//! Listing and judging, with the first growth refused, then with the second, and so on until no refusal is met.
use crate::refused_readings::both;
use crate::turn::{Turn, turn_by_fault, turn_of};
use pci_base::memory::OutOfMemory;
use pci_check::audit::audit;
use pci_check::check::check;
use pci_check::judge::judge;
use pci_check::line::line_of;
use pci_check::outcome::AuditFault;
use pci_check::verdict::Verdict;
use pci_dump::dump::Dump;
use pci_dump::std_streams::{Incoming, Outgoing};
use pci_dump::write::write_dump;
use pci_tree::admit::admit;
use pci_tree::admitted::Admitted;
use pci_tree::fault::Fault;
use pci_tree::outline::Outline;
use pci_tree::space::Space;
use std::alloc::Global;
use std::test::Fail;
use test_support::board::Texts;
use test_support::refusing::{MANY, Refusing};
use test_support::samples::samples;

/// The admission of two texts, with no growth refused.
pub fn admitted<'a>(
    heap: &'a Refusing<Global>,
    texts: &Texts,
) -> Option<Admitted<&'a Refusing<Global>>> {
    let (dump, probe) = both(heap, texts)?;
    admit(heap, dump, probe).ok()
}

/// The number of the fault that a growing call ended with.
fn number_of<T: Drop>(answer: Result<T, OutOfMemory>) -> Option<u8> {
    match answer {
        Ok(_) => None,
        Err(refused) => Some(refused.number()),
    }
}

/// A question on a system, of a bus and a space where it is on these.
#[derive(Clone, Copy)]
enum Question {
    Bridges,
    Regions(u8, Space),
    Sorted(u8, Space),
    Reach(u8, Space, bool),
}

const QUESTIONS: [Question; 16] = [
    Question::Bridges,
    Question::Regions(0, Space::Mem),
    Question::Regions(1, Space::Mem),
    Question::Regions(1, Space::Io),
    Question::Regions(2, Space::Mem),
    Question::Regions(2, Space::Io),
    Question::Sorted(0, Space::Mem),
    Question::Sorted(1, Space::Mem),
    Question::Sorted(1, Space::Io),
    Question::Sorted(2, Space::Mem),
    Question::Sorted(2, Space::Io),
    Question::Reach(0, Space::Io, false),
    Question::Reach(1, Space::Mem, false),
    Question::Reach(2, Space::Mem, true),
    Question::Reach(2, Space::Io, false),
    Question::Reach(255, Space::Mem, false),
];

/// The number of the fault that a question ends with, where the admission is asked.
fn fault_of<'a>(board: &Admitted<&'a Refusing<Global>>, question: Question) -> Option<u8> {
    match question {
        Question::Bridges => number_of(board.bridges()),
        Question::Regions(bus, space) => number_of(board.regions(bus, space)),
        Question::Sorted(bus, space) => number_of(board.sorted(bus, space)),
        Question::Reach(bus, space, prefetch) => number_of(board.reach(bus, space, prefetch)),
    }
}

/// The same, where its outline is asked.
fn outline_fault_of<'a>(outline: &Outline<&'a Refusing<Global>>, question: Question) -> Option<u8> {
    match question {
        Question::Bridges => number_of(outline.bridges()),
        Question::Regions(bus, space) => number_of(outline.regions(bus, space)),
        Question::Sorted(bus, space) => number_of(outline.sorted(bus, space)),
        Question::Reach(bus, space, prefetch) => number_of(outline.reach(bus, space, prefetch)),
    }
}

/// The turn of a question where the n-th growth is refused; the outline's answer is the admission's.
fn turn_of_question<'a>(
    heap: &'a Refusing<Global>,
    board: &Admitted<&'a Refusing<Global>>,
    question: Question,
    n: u64,
) -> Turn {
    heap.refuse(n);
    let fault = fault_of(board, question);
    let is_whole = heap.is_due();
    heap.refuse(n);
    if outline_fault_of(board.outline(), question) == fault {
        turn_by_fault(is_whole, fault)
    } else {
        Turn::Wrong
    }
}

/// How many growths of a question are refused in turn.
fn refusals_of_question<'a>(
    heap: &'a Refusing<Global>,
    board: &Admitted<&'a Refusing<Global>>,
    question: Question,
) -> u64 {
    for n in 1..MANY {
        if let Some(refused) = turn_of_question(heap, board, question, n).end(n) {
            return refused;
        }
    }
    MANY
}

/// How many growths of all questions are refused; none where an answer is wrong.
fn refusals_of_questions(heap: &Refusing<Global>, texts: &Texts) -> Option<u64> {
    let board = admitted(heap, texts)?;
    let mut refused = 0u64;
    for question in QUESTIONS {
        let more = refusals_of_question(heap, &board, question);
        if more == MANY {
            return None;
        }
        refused = refused.wrapping_add(more);
    }
    Some(refused)
}

#[test]
fn each_growth_of_a_listing_is_refused(rt: HostRuntime) -> Result<(), Fail> {
    let heap = Refusing::new(rt.alloc());
    let mut refused = 0u64;
    for (texts, _) in samples(rt.alloc())? {
        let more = refusals_of_questions(&heap, &texts);
        assert!(rt; more.is_some());
        refused = refused.wrapping_add(more.unwrap_or(0));
    }
    assert!(rt; 20 < refused, "{refused}");
    Ok(())
}

/// Whether a dump is written as this text.
pub fn is_written_as<'a>(alloc: Global, dump: &Dump<&'a Refusing<Global>>, text: &str) -> bool {
    let mut bytes = Vec::new(alloc);
    let is_written = write_dump(&mut Outgoing::new(&mut bytes), dump).is_ok();
    is_written && bytes.as_slice() == text.as_bytes()
}

/// Whether two texts are still those that were admitted.
pub fn is_as_it_was<'a>(
    alloc: Global,
    board: &Admitted<&'a Refusing<Global>>,
    texts: &Texts,
) -> bool {
    is_written_as(alloc, board.dump(), texts.dump.as_str())
        && is_written_as(alloc, board.probe(), texts.probe.as_str())
}

/// The fault of a verdict.
fn fault_in<'a>(verdict: &Verdict<'_, &'a Refusing<Global>>) -> Option<Fault> {
    match verdict {
        Verdict::Yes(_) => None,
        Verdict::No(fault) => Some(*fault),
    }
}

/// What judging an admission's outline answers.
fn judged<'a>(
    heap: &'a Refusing<Global>,
    board: &Admitted<&'a Refusing<Global>>,
) -> Result<Option<Fault>, OutOfMemory> {
    judge(heap, board.outline())
}

/// What checking an admission answers.
fn checked<'a>(
    heap: &'a Refusing<Global>,
    board: &Admitted<&'a Refusing<Global>>,
) -> Result<Option<Fault>, OutOfMemory> {
    let verdict = check(heap, board)?;
    Ok(fault_in(&verdict))
}

/// The turn of judging by what it answered.
fn turn_by_answer(
    is_whole: bool,
    answer: Result<Option<Fault>, OutOfMemory>,
    wanted: &Option<Fault>,
) -> Turn {
    match answer {
        Ok(fault) => turn_of(is_whole, is_whole && fault == *wanted),
        Err(OutOfMemory) => turn_of(is_whole, !is_whole),
    }
}

/// The turn of judging, or of checking, where the n-th growth is refused.
fn turn_of_verdict<'a>(
    heap: &'a Refusing<Global>,
    board: &Admitted<&'a Refusing<Global>>,
    wanted: &Option<Fault>,
    n: u64,
    is_check: bool,
) -> Turn {
    heap.refuse(n);
    let answer = if is_check {
        checked(heap, board)
    } else {
        judged(heap, board)
    };
    turn_by_answer(heap.is_due(), answer, wanted)
}

/// Whether an admission is checked with this answer where no growth is refused.
fn is_checked<'a>(
    heap: &'a Refusing<Global>,
    board: &Admitted<&'a Refusing<Global>>,
    wanted: &Option<Fault>,
) -> bool {
    heap.refuse(0);
    match checked(heap, board) {
        Ok(fault) => fault == *wanted,
        Err(_) => false,
    }
}

/// How many growths of a verdict are refused in turn. The board stays as it was, and is checked after each.
fn refusals_of_verdict<'a>(
    alloc: Global,
    heap: &'a Refusing<Global>,
    board: &Admitted<&'a Refusing<Global>>,
    texts: &Texts,
    wanted: &Option<Fault>,
) -> u64 {
    for n in 1..MANY {
        let judging = turn_of_verdict(heap, board, wanted, n, false);
        let checking = turn_of_verdict(heap, board, wanted, n, true);
        if !is_as_it_was(alloc, board, texts) || !is_checked(heap, board, wanted) {
            return MANY;
        }
        let turn = judging.and(checking);
        if let Some(refused) = turn.end(n) {
            return refused;
        }
    }
    MANY
}

/// Whether a verdict's line is this one.
fn is_told(alloc: Global, fault: &Option<Fault>, line: &str) -> bool {
    match line_of(alloc, *fault) {
        Ok(told) => told.as_str() == line,
        Err(_) => false,
    }
}

/// The same of a board's texts and the line of its verdict.
fn refusals_on(alloc: Global, heap: &Refusing<Global>, texts: &Texts, line: &str) -> u64 {
    let Some(board) = admitted(heap, texts) else {
        return MANY;
    };
    let Ok(wanted) = judged(heap, &board) else {
        return MANY;
    };
    if !is_told(alloc, &wanted, line) {
        return MANY;
    }
    refusals_of_verdict(alloc, heap, &board, texts, &wanted)
}

#[test]
fn each_growth_of_a_verdict_is_refused(rt: HostRuntime) -> Result<(), Fail> {
    let heap = Refusing::new(rt.alloc());
    for (texts, line) in samples(rt.alloc())? {
        let refused = refusals_on(rt.alloc(), &heap, &texts, line);
        assert!(rt; 0 < refused && refused < MANY, "{refused}");
    }
    Ok(())
}

/// The number of the fault that auditing two texts ends with.
fn audit_fault(heap: &Refusing<Global>, texts: &Texts, out: &mut Vec<u8>) -> Option<u8> {
    let outcome = audit(
        heap,
        &mut Incoming::new(texts.dump.as_bytes()),
        &mut Incoming::new(texts.probe.as_bytes()),
        &mut Outgoing::new(out),
    );
    match outcome {
        Ok(_) => None,
        Err(AuditFault::Memory) => Some(OutOfMemory.number()),
        Err(AuditFault::Dump(fault) | AuditFault::Probe(fault)) => Some(fault.number()),
        Err(AuditFault::Write) => Some(10),
    }
}

/// The turn of auditing two texts where the n-th growth is refused; it writes its line at once or nothing.
fn turn_of_audit(
    alloc: Global,
    heap: &Refusing<Global>,
    texts: &Texts,
    line: &str,
    n: u64,
) -> Turn {
    heap.refuse(n);
    let mut out = Vec::new(alloc);
    let fault = audit_fault(heap, texts, &mut out);
    let is_whole = heap.is_due();
    let wanted = if is_whole { line } else { "" };
    if out.as_slice() == wanted.as_bytes() {
        turn_by_fault(is_whole, fault)
    } else {
        Turn::Wrong
    }
}

/// How many growths of an audit are refused in turn.
fn refusals_of_audit(alloc: Global, heap: &Refusing<Global>, texts: &Texts, line: &str) -> u64 {
    for n in 1..MANY {
        if let Some(refused) = turn_of_audit(alloc, heap, texts, line, n).end(n) {
            return refused;
        }
    }
    MANY
}

#[test]
fn an_audit_that_is_refused_a_growth_writes_nothing(rt: HostRuntime) -> Result<(), Fail> {
    let heap = Refusing::new(rt.alloc());
    for (texts, line) in samples(rt.alloc())? {
        let refused = refusals_of_audit(rt.alloc(), &heap, &texts, line);
        assert!(rt; 0 < refused && refused < MANY, "{refused}");
    }
    Ok(())
}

━━━━━━━━━━

● **Work instruction**
If a line in the listing holds the word "Fail", list that line.

● **Output of the task**
use std::test::Fail;
fn each_growth_of_a_listing_is_refused(rt: HostRuntime) -> Result<(), Fail> {
fn each_growth_of_a_verdict_is_refused(rt: HostRuntime) -> Result<(), Fail> {
fn an_audit_that_is_refused_a_growth_writes_nothing(rt: HostRuntime) -> Result<(), Fail> {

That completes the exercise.